I tried balancing this chemical equation
$$\mathrm{Al(OH)_3 + H_2SO_4 \to Al_2(SO_4)_3 + H_2O}$$
with a system of equations, but the answer doesn't seem to map well. I get a negative coefficient which is prohibitive in this equations. How do I interpret the answer?
Let $x$ be the number of $\mathrm{Al(OH)_3}$; $y$ the number of $\mathrm{H_2SO_4}$; $z$ the number of $\mathrm{Al_2(SO_4)_3}$, and $w$ the number of $\mathrm{H_2O}$. Looking at the number of $\mathrm{Al}$, you get $x = 2z$. Looking at $\mathrm{O}$, you get $3x + 4y = 12z + w$. Looking at $\mathrm{H}$ you get $3x + 2y = 2w$; and looking at $\mathrm{S}$ you get $y = 3z$.
That looks like what you are getting from Wolfram, except you have the wrong signs for $z$ and $w$; unless you are interpreting the first two entries to represent the "unknowns", and the last two to represent the "solutions". I would translate into equations the usual way.
What you have is the following system of linear equations: $$\begin{array}{rcrcrcrcl} x & & & -& 2z & & & = & 0\\ 3x & + & 4y & - & 12z & - & w & = & 0\\ 3x & + & 2y & & & - & 2w & = & 0\\ & & y & - & 3z & & & = & 0 \end{array}$$ This leads (after either some back-substitution from the first and last equations into the second and third, or some easy row reduction) to $x=2z$, $y=3z$, and $6z=w$. Since you only want positive integer solutions, setting $z=1$ gives $x=2$, $y=3$, and $w=6$, yielding the smallest solution: $$\mathrm{2 Al(OH)_3 + 3H_2SO_4 \to Al_2(SO_4)_3 + 6H_2O}$$
Why don't you just use the actual chemical equation as input? http://www.wolframalpha.com/input/?i=Al(OH)3%2BH2SO4%E2%86%92Al2(SO4)3%2BH2O
A chemical balance will always admit the solution with all zero coefficients: if you put nothing in, you get nothing out. Or, if you double the amount you put in, you will get double the output.

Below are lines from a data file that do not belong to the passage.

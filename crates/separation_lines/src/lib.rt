//! The lines of a policy: which domain each object has, and who may read whom.
//!
//! A policy is read a line at a time, and a line `end` ends it. Nothing here knows of machines, or when a policy holds.
#![tactic(auto)]

mod domains;
mod fields;
mod laws;
mod line;
mod said;

pub use domains::read_listed;
pub use laws::{
    end_law, lines_read_back_law, names_law, next_names_law, read_back_law, replaced_law,
};
pub use line::read_policy;
pub use listing_read::PolicyFault;
pub use said::Next;
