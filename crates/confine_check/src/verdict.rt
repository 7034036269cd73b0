//! What is found of a cut.
use cap_format::{Cap, CapKind};

/// A capability that may not stand where it does: in place `place` of object `number` of this kind. The places of a
/// process are its slots, 0 to 2, and then its capability registers; an endpoint's one place is its recipient.
pub struct Breach {
    pub kind: CapKind,
    pub number: u16,
    pub place: u16,
    pub cap: Cap,
}

/// Whether a cut holds, or the first that breaks it.
#[derive(Clone, Copy)]
pub enum Verdict {
    /// The cut holds.
    Yes,
    /// This capability may not stand where it does, in place `place` of object `number` of this kind. Places have the
    /// numbers that they have in `Breach`.
    Capability {
        kind: CapKind,
        number: u16,
        place: u16,
        cap: Cap,
    },
    /// No capability breaks the cut, but this process sleeps on one of the other side.
    Sleeper {
        process: u16,
    },
}
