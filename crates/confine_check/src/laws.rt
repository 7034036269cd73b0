//! The laws of verdicts. The calls change nothing: what they say holds for all objects and queues, or for any machine.
ghost use Rattle.std.specs.Prelude.{◌≡◌, ◌↔◌};
ghost use Rattle.machine_state.specs.State.{state_of};
ghost use Rattle.confinement.specs.Cut.{Cut, IsClosed, Holds};
ghost use Rattle.confinement.specs.Acts.{system_of};
ghost use Rattle.confine_check.specs.declared.verdict.Breach.{Breach};
ghost use Rattle.confine_check.specs.declared.verdict.Verdict.TheVariants.{Yes};
ghost use Rattle.confine_check.specs.Breach.{broken_by};
ghost use Rattle.confine_check.specs.Found.{IsFirstBreach, verdict_in};
ghost use Rattle.confine_check.specs.Laws.{VerdictLaw};

use crate::checking::tell_full;
use machine_state::Machine;
use walk_engine::Translator;

/// Nothing breaks a cut exactly where it holds.
pub fn verdict_law()
    ensures { VerdictLaw }
{}

/// What is found of the state of a machine, by any cut over which nobody calls: nothing exactly where the cut holds, and a
/// capability only where it is the first that breaks it.
pub fn verdict_in_law<T: Translator>(machine: &Machine<T>)
    ensures exactly { (cut : Cut) → IsClosed cut →
        (verdict_in cut (state_of machine.now) ≡ Yes) ↔ Holds cut (system_of (state_of machine.now)) }
    ensures first { (cut : Cut) (found : Breach) → IsClosed cut →
        verdict_in cut (state_of machine.now) ≡ broken_by found →
        IsFirstBreach cut (state_of machine.now).store found }
{
    tell_full(machine.objects());
}
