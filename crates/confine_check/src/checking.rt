//! Whether a cut holds in a machine.
ghost use Rattle.std.specs.Prelude.{ℕ, ◌≡◌, ◌<◌, ◌≤◌, ◌+◌, ◌*◌, ◌↔◌, length};
ghost use Rattle.cap_format.specs.declared.kind.CapKind.TheVariants.{CapPage, Gpt, Process};
ghost use Rattle.object_store.specs.Store.{size_of};
ghost use Rattle.machine_state.specs.State.{state_of};
ghost use Rattle.confinement.specs.Cut.{Holds};
ghost use Rattle.confinement.specs.Acts.{system_of};
ghost use Rattle.confinement.specs.Separation.{Separated};
ghost use Rattle.confine_check.specs.declared.verdict.Verdict.TheVariants.{Yes};
ghost use Rattle.confine_check.specs.Sides.{cut_of};
ghost use Rattle.confine_check.specs.Breach.{broken_by, verdict_of};
ghost use Rattle.confine_check.specs.Found.{meant, reads_to, verdict_in};
ghost use Rattle.confine_check.specs.Full.{IsFull, AreFull};

use crate::breach::breach_of;
use crate::cut::Cut;
use crate::sleeping::sleeper_of;
use crate::verdict::{Breach, Verdict};
use machine_state::Machine;
use object_store::Objects;
use std::sync::ledger::Ledger;
use steps::Steps;
use walk_engine::Translator;

/// Whether the cut holds in a machine, or the first that breaks it: a capability, in the order in which objects are
/// printed and their places have their numbers, and where none does the least process that sleeps on one of the other
/// side. Each slot of a GPT is read at most once.
///
/// Where it holds, then whatever events follow, an event that a process of one side performs leaves every object of the
/// other side as it is, and the cut holds again.
pub fn confined<T: Translator, L: Ledger>(
    machine: &Machine<T>,
    cut: &Cut,
    fetches: &mut Steps<L>,
) -> Verdict
    ensures verdict { result ≡ verdict_of (cut_of cut.now) machine.now.objects machine.now.queues }
    ensures means { meant result ≡ verdict_in (cut_of cut.now) (state_of machine.now) }
    ensures exactly { (result ≡ Yes) ↔ Holds (cut_of cut.now) (system_of (state_of machine.now)) }
    ensures separated { result ≡ Yes → Separated (cut_of cut.now) (state_of machine.now) }
    ensures counted { fetches.new ≡
        fetches.old + reads_to result (size_of machine.now.objects.items Gpt) }
    ensures most { fetches.new ≤ fetches.old + 16 * size_of machine.now.objects.items Gpt }
{
    tell_full(machine.objects());
    verdict(machine, cut, fetches)
}

/// The first that breaks the cut, if anything does.
fn verdict<T: Translator, L: Ledger>(
    machine: &Machine<T>,
    cut: &Cut,
    fetches: &mut Steps<L>,
) -> Verdict
    ensures verdict { result ≡ verdict_of (cut_of cut.now) machine.now.objects machine.now.queues }
    ensures counted { fetches.new ≡
        fetches.old + reads_to result (size_of machine.now.objects.items Gpt) }
    ensures most { fetches.new ≤ fetches.old + 16 * size_of machine.now.objects.items Gpt }
{
    let objects = machine.objects();
    if let Some(found) = breach_of(objects, cut, fetches) {
        return broken(found);
    }
    let count = objects.sizes().processes;
    match sleeper_of(machine.queues(), count, cut) {
        Some(process) => Verdict::Sleeper { process },
        None => Verdict::Yes,
    }
}

/// A cut that this capability breaks.
fn broken(found: Breach) -> Verdict
    ensures { result ≡ broken_by found }
{
    let Breach {
        kind,
        number,
        place,
        cap,
    } = found;
    Verdict::Capability {
        kind,
        number,
        place,
        cap,
    }
}

/// Does nothing: its contract tells that all objects have all of their places.
pub fn tell_full(objects: &Objects)
    ensures { AreFull objects.now }
{
    objects.in_ranges();
    tell_full_cappages(objects, objects.sizes().cappages);
    tell_full_processes(objects, objects.sizes().processes);
}

/// The same of so many capability pages.
fn tell_full_cappages(objects: &Objects, count: u16)
    requires { count ≡ size_of objects.now.items CapPage }
    ensures { (n : ℕ) → n < count → IsFull objects.now CapPage n }
{
    'each: for n in 0..count {
        let _page = objects.cappage(n);
    }
}

/// The same of so many processes.
fn tell_full_processes(objects: &Objects, count: u16)
    requires { count ≡ size_of objects.now.items Process }
    ensures { (n : ℕ) → n < count → IsFull objects.now Process n }
{
    'each: for n in 0..count {
        let _process = objects.process(n);
    }
}
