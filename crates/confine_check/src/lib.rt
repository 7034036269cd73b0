//! A checker of a stated cut: which objects are on the left, and whether the two sides of a machine are kept apart.
//!
//! A cut gives each object a side, by lines that are read one at a time. `confined` says whether the cut holds; where it
//! does, no event of any run leads across it. The fields that name objects are public, for other lines. Nothing here runs a
//! machine or prints.
#![tactic(auto)]

mod block;
mod breach;
mod checking;
mod cut;
mod fields;
mod laws;
mod line;
mod sleeping;
mod verdict;

pub use block::Block;
pub use checking::{confined, tell_full};
pub use confinement::CutSide;
pub use cut::Cut;
pub use fields::{read_block, read_kind};
pub use laws::{verdict_in_law, verdict_law};
pub use line::read_cut;
pub use listing_read::CutFault;
pub use verdict::Verdict;
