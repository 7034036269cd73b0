//! Lines of a cut.
ghost use Rattle.std.specs.Prelude.{◌≡◌, ◌==◌, ◌||◌, ◌<◌, ◌≤◌, length, IfOk, IfSome};
ghost use Rattle.coy_text.specs.Words.{words_of};
ghost use Rattle.listing_read.specs.Faults.{ensured};
ghost use Rattle.confinement.specs.Cut.{sides_of};
ghost use Rattle.listing_read.specs.declared.object_fault.CutFault.TheVariants.{WrongWords};
ghost use Rattle.confine_check.specs.CutLine.{left_line, block_line, asked_by, cut_line, after_line, refusal};

use crate::block::Block;
use crate::cut::Cut;
use crate::fields::{read_block, read_kind};
use coy_io::LINE_LIMIT;
use coy_text::{is_skipped, is_visible, word, word_count};
use listing_read::CutFault;

/// Puts the objects that a line names on the left. After a fault, and after a line that is skipped, the cut is as before.
pub fn read_cut(line: &[u8], cut: &mut Cut) -> Result<(), CutFault>
    ensures fault { result ≡ refusal (cut_line cut.old line.now) }
    ensures after { cut.new ≡ after_line cut.old (cut_line cut.old line.now) }
{
    if let Some(block) = named(line, cut)? {
        cut.put_left(block);
    }
    Ok(())
}

/// The objects that a line names. `None` for a line that is skipped.
#[tactic(auto, unfolding(crate::specs::CutLine::cut_line))]
fn named(line: &[u8], cut: &Cut) -> Result<Option<Block>, CutFault>
    ensures value { result ≡ cut_line cut.now line.now }
    ensures order { IfOk result (λ found. IfSome found (λ block. block.from ≤ block.to)) }
    ensures there { IfOk result (λ found.
        IfSome found (λ block. block.to < length (sides_of cut.now block.kind))) }
{
    if line.len() > LINE_LIMIT {
        return Err(CutFault::LineTooLong);
    }
    if !is_visible(line) {
        return Err(CutFault::BadByte);
    }
    if is_skipped(line) {
        return Ok(None);
    }
    asked(line, cut)
}

#[tactic(auto, unfolding(crate::specs::CutLine::asked_by))]
fn asked(line: &[u8], cut: &Cut) -> Result<Option<Block>, CutFault>
    ensures value { result ≡ asked_by cut.now (words_of line.now) }
    ensures order { IfOk result (λ found. IfSome found (λ block. block.from ≤ block.to)) }
    ensures there { IfOk result (λ found.
        IfSome found (λ block. block.to < length (sides_of cut.now block.kind))) }
{
    Ok(Some(by_first_word(line, cut)?))
}

#[tactic(auto, unfolding(crate::specs::CutLine::block_line))]
fn by_first_word(line: &[u8], cut: &Cut) -> Result<Block, CutFault>
    ensures value { result ≡ block_line cut.now (words_of line.now) }
    ensures order { IfOk result (λ block. block.from ≤ block.to) }
    ensures there { IfOk result (λ block. block.to < length (sides_of cut.now block.kind)) }
{
    if word(line, 0) == b"left".as_slice() {
        return left(line, cut);
    }
    Err(CutFault::UnknownCut)
}

#[tactic(auto, unfolding(crate::specs::CutLine::left_line))]
fn left(line: &[u8], cut: &Cut) -> Result<Block, CutFault>
    ensures value { result ≡ left_line cut.now (words_of line.now) }
    ensures order { IfOk result (λ block. block.from ≤ block.to) }
    ensures there { IfOk result (λ block. block.to < length (sides_of cut.now block.kind)) }
{
    has_words(line)?;
    let kind = read_kind(word(line, 1))?;
    Ok(read_block(kind, cut.size(kind), line, 2)?)
}

fn has_words(line: &[u8]) -> Result<(), CutFault>
    ensures { result ≡ ensured (length (words_of line.now) == 3
        || length (words_of line.now) == 4) WrongWords }
{
    let count = word_count(line);
    if count != 3 && count != 4 {
        return Err(CutFault::WrongWords);
    }
    Ok(())
}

In linear algebra language, this means that your solution cannot be unique. The set of admissible solutions must form a linear subspace.
The set of admissible solutions will be the kernel of the matrix you wrote down corresponding to the chemical balance (incidentally, I would put negative signs in front of the first two columns since those represent things on the left hand side of the chemical equation and are things that are consumed), and you are looking for a vector in this kernel with all positive coefficients. Therefore it is in fact necessary for the row-reduced matrix to have negative entries: if the row-reduced matrix has only positive value entries, then it is impossible to have a vector with positive entries in its kernel (since a sum of positive numbers must be positive, and not zero).
Unless I'm misunderstanding, the right side dictates that the ratio of Al to S should be $2:3$, so the coefficients on the left side must be in the ratio $2:3$. Suppose they are 2 and 3. There are now $2\cdot3+3\cdot4=18$ O and $2\cdot3+3\cdot2=12$ H on the left. On the right, the coefficient of the first term must be 1 (since we used 2 and 3 on the left, there is enough Al and S for only 1), which uses 12 O, leaving 6 O and 12 H. Setting the coefficient of the last term to 6 matches up with 6 O and 12 H.
Looking at the results from your row-reduction on WolframAlpha, I'm thinking that the $-1$ is because the matrix form is working as if that term were on the same side as the 2 and 3, but on the opposite side, it would be a positive $1$.